** Work instruction **
Copy each line of the records that includes "Runs".

═══ Records supplied

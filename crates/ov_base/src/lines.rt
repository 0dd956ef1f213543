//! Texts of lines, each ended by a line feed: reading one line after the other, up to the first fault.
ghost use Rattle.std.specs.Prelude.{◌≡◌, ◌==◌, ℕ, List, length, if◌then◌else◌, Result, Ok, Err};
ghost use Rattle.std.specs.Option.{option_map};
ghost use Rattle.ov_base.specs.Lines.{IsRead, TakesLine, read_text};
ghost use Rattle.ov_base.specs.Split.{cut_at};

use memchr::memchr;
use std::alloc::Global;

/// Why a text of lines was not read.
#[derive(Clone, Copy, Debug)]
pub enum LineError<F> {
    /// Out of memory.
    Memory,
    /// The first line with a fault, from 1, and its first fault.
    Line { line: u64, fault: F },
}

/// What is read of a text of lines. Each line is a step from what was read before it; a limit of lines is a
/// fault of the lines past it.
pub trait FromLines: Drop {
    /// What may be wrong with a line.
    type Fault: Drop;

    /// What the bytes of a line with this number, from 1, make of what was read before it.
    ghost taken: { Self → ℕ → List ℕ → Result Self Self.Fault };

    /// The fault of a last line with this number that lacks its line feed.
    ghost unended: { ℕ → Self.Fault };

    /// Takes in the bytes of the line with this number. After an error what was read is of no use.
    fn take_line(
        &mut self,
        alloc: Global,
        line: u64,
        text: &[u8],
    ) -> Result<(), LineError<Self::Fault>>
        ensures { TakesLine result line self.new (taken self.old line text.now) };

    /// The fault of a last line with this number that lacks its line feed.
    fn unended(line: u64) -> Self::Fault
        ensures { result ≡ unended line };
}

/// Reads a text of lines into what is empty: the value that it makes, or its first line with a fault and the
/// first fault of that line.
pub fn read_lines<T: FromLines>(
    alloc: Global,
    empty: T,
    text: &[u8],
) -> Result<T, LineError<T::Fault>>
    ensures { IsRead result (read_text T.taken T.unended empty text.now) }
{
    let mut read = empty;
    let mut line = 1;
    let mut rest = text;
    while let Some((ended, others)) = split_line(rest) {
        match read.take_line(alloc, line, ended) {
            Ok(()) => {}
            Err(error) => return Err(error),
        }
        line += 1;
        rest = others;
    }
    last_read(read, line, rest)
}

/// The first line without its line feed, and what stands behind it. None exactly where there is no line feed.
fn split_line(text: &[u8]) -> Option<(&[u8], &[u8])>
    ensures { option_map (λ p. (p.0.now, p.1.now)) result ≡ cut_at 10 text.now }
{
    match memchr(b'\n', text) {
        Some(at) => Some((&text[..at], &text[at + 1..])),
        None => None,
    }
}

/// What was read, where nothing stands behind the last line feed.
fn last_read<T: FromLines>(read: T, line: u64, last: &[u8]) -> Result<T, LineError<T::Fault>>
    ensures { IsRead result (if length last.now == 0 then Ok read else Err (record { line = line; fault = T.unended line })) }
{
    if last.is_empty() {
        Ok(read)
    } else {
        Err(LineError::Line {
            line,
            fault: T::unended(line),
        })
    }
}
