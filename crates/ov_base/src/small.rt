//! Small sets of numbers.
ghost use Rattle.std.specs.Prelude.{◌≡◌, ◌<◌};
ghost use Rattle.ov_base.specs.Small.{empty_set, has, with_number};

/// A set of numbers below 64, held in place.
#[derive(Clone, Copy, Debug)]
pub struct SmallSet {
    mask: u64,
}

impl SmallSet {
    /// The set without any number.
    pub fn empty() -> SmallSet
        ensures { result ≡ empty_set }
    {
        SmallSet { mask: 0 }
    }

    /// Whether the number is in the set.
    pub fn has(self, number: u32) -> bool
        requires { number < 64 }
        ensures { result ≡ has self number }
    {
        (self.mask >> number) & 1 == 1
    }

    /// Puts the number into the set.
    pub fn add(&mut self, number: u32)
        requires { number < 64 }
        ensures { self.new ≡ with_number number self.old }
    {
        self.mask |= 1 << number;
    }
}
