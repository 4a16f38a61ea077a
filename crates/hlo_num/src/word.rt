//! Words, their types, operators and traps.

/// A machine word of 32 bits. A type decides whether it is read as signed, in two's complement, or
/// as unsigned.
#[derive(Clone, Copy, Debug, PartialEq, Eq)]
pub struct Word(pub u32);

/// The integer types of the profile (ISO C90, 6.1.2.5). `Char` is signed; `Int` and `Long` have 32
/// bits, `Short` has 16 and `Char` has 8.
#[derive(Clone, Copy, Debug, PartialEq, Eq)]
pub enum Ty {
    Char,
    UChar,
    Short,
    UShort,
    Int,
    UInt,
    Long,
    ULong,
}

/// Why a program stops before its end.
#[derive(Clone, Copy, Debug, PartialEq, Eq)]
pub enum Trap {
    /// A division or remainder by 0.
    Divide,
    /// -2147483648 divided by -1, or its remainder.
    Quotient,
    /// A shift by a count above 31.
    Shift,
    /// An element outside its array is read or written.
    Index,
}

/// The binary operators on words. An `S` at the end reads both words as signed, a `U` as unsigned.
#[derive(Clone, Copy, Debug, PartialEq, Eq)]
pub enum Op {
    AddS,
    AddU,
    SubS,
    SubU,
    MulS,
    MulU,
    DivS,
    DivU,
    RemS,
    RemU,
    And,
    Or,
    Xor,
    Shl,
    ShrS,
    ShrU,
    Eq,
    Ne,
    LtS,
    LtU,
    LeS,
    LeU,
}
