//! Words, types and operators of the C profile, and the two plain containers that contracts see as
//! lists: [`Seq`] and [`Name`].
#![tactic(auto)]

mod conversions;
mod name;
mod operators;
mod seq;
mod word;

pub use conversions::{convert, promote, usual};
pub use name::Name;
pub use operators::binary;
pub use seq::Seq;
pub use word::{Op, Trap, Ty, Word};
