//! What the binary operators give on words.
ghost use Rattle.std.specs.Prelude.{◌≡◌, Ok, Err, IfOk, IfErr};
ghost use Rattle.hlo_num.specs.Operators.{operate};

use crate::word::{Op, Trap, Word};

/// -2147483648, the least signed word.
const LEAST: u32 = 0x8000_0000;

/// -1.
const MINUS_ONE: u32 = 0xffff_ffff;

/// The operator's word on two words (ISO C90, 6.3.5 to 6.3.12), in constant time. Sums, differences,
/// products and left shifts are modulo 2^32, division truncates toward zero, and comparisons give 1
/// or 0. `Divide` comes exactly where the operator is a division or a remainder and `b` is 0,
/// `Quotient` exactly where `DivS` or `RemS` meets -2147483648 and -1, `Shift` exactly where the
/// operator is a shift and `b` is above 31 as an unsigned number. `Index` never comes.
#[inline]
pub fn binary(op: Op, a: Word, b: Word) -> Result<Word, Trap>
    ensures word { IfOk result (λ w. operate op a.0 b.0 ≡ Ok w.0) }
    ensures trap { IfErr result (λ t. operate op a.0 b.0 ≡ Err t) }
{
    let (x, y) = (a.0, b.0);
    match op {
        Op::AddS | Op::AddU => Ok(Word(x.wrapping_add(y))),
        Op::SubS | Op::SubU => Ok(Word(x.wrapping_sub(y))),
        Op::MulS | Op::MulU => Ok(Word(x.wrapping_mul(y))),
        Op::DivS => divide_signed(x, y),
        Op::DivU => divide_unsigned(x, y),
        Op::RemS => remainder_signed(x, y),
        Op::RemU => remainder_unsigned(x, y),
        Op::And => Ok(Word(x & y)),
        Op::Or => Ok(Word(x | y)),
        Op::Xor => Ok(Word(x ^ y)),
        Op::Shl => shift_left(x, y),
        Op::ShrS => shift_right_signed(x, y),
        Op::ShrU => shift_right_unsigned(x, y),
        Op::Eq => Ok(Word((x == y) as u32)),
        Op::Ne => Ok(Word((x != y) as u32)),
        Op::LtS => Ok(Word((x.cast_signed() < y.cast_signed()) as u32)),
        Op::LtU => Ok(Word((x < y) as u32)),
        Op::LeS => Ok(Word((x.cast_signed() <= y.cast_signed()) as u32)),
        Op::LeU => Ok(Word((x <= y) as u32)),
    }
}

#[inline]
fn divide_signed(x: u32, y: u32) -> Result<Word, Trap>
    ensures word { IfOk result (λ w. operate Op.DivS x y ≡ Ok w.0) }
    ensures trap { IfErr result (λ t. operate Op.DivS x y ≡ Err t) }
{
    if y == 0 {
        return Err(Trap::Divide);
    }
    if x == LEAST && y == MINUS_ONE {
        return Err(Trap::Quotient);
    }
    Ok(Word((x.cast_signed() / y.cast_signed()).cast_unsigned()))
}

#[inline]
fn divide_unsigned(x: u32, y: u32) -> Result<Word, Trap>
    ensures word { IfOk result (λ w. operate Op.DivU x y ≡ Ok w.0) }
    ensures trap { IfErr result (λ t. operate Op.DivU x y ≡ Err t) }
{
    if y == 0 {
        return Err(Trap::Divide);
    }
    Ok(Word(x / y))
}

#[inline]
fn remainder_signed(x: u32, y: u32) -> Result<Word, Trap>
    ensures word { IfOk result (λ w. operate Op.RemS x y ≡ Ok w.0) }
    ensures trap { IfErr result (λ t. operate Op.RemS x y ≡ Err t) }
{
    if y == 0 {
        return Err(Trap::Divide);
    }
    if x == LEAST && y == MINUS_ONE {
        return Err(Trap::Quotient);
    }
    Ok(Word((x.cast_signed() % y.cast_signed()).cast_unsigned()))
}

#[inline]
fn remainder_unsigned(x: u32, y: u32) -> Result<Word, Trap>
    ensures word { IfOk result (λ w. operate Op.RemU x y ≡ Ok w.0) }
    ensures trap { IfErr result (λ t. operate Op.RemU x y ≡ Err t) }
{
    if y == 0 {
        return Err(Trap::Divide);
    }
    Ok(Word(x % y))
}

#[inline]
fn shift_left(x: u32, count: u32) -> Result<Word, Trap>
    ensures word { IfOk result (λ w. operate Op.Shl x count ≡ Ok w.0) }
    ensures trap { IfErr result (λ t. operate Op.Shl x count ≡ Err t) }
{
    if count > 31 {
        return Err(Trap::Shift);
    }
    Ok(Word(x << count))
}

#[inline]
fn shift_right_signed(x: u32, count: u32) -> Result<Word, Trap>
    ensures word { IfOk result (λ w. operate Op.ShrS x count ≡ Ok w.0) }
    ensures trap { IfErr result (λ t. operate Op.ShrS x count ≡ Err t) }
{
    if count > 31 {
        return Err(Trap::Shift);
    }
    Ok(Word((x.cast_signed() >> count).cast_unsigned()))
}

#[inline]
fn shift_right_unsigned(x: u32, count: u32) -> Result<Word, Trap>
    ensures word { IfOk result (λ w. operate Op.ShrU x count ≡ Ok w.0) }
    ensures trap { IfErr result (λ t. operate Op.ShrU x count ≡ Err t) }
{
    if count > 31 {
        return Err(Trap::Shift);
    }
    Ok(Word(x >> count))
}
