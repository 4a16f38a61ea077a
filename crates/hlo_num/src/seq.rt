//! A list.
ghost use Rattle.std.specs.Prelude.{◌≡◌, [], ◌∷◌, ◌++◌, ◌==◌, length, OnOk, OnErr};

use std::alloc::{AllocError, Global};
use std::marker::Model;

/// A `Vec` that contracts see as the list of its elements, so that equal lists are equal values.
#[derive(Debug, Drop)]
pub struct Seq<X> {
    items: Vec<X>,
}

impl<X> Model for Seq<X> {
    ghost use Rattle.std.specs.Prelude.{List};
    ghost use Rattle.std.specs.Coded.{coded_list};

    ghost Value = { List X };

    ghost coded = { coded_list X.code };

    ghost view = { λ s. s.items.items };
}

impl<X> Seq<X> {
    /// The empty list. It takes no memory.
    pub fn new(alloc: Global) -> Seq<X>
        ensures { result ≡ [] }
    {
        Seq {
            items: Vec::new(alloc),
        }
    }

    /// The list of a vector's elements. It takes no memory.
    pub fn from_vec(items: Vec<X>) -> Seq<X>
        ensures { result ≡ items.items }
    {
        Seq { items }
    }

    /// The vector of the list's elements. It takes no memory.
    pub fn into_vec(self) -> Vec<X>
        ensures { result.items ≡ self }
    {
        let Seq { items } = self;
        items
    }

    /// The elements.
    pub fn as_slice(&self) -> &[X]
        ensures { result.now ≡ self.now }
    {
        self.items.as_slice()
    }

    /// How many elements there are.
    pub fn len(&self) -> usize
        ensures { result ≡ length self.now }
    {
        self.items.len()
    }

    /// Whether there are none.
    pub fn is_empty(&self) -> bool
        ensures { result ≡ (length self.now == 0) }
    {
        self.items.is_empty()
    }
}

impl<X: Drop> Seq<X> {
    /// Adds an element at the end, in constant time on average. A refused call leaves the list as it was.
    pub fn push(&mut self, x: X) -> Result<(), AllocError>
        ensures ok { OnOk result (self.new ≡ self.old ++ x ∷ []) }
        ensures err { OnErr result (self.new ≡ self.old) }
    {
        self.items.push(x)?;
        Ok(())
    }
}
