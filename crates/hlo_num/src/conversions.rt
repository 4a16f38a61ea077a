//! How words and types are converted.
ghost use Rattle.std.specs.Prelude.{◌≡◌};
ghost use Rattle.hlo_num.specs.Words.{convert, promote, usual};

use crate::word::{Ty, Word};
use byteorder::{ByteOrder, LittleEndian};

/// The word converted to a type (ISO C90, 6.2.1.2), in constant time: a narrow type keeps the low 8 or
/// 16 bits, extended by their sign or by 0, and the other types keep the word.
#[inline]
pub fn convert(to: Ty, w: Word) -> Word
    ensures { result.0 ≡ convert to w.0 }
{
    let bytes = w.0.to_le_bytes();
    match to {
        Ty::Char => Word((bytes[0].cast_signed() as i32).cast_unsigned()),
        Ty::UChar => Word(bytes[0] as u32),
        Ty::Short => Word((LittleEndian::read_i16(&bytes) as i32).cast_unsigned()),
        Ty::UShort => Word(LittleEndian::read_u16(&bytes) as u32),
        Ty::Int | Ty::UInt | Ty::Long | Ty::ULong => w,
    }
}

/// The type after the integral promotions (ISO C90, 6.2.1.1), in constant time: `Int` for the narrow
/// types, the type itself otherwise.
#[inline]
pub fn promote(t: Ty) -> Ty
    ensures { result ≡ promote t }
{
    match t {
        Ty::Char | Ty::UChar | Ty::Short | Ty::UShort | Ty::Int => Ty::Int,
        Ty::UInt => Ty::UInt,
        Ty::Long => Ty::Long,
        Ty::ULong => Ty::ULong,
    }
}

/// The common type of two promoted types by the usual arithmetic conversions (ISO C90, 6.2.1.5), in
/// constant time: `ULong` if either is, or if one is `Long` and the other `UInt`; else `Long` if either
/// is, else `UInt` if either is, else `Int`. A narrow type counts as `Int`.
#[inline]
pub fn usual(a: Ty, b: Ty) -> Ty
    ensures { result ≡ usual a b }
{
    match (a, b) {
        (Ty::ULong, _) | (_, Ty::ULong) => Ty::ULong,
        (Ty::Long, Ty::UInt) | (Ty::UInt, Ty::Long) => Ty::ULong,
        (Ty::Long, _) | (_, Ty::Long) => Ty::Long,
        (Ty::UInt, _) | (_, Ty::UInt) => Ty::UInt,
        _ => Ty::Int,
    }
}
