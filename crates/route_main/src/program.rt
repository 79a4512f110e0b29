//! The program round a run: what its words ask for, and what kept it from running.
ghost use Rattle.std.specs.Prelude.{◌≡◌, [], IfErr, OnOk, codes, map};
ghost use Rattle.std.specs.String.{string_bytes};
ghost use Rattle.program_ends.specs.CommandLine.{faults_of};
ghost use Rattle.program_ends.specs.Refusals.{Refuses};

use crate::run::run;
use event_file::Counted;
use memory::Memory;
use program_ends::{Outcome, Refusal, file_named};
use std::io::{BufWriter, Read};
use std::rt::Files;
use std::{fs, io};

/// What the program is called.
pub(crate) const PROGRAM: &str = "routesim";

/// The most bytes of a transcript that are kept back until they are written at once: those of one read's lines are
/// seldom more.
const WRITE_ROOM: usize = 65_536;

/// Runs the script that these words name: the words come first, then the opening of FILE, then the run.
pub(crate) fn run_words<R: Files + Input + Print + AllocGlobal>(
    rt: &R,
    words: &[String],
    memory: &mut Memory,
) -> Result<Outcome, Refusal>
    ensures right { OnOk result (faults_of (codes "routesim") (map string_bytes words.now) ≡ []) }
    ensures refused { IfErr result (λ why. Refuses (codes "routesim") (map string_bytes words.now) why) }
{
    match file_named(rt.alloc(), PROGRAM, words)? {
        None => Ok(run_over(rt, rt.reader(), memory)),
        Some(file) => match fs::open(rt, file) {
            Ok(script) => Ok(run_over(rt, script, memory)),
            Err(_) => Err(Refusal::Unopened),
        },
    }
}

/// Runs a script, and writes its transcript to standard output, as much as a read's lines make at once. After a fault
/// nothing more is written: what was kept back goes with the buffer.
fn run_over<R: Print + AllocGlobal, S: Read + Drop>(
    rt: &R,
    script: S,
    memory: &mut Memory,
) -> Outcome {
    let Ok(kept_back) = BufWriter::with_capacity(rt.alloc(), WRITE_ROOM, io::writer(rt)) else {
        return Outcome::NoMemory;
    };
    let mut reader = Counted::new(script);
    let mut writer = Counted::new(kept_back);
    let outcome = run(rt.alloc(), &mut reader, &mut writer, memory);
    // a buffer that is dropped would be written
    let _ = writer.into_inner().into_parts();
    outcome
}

══════

** Your solution **
/// Runs the script that these words name: the words come first, then the opening of FILE, then the run.
/// Runs a script, and writes its transcript to standard output, as much as a read's lines make at once. After a fault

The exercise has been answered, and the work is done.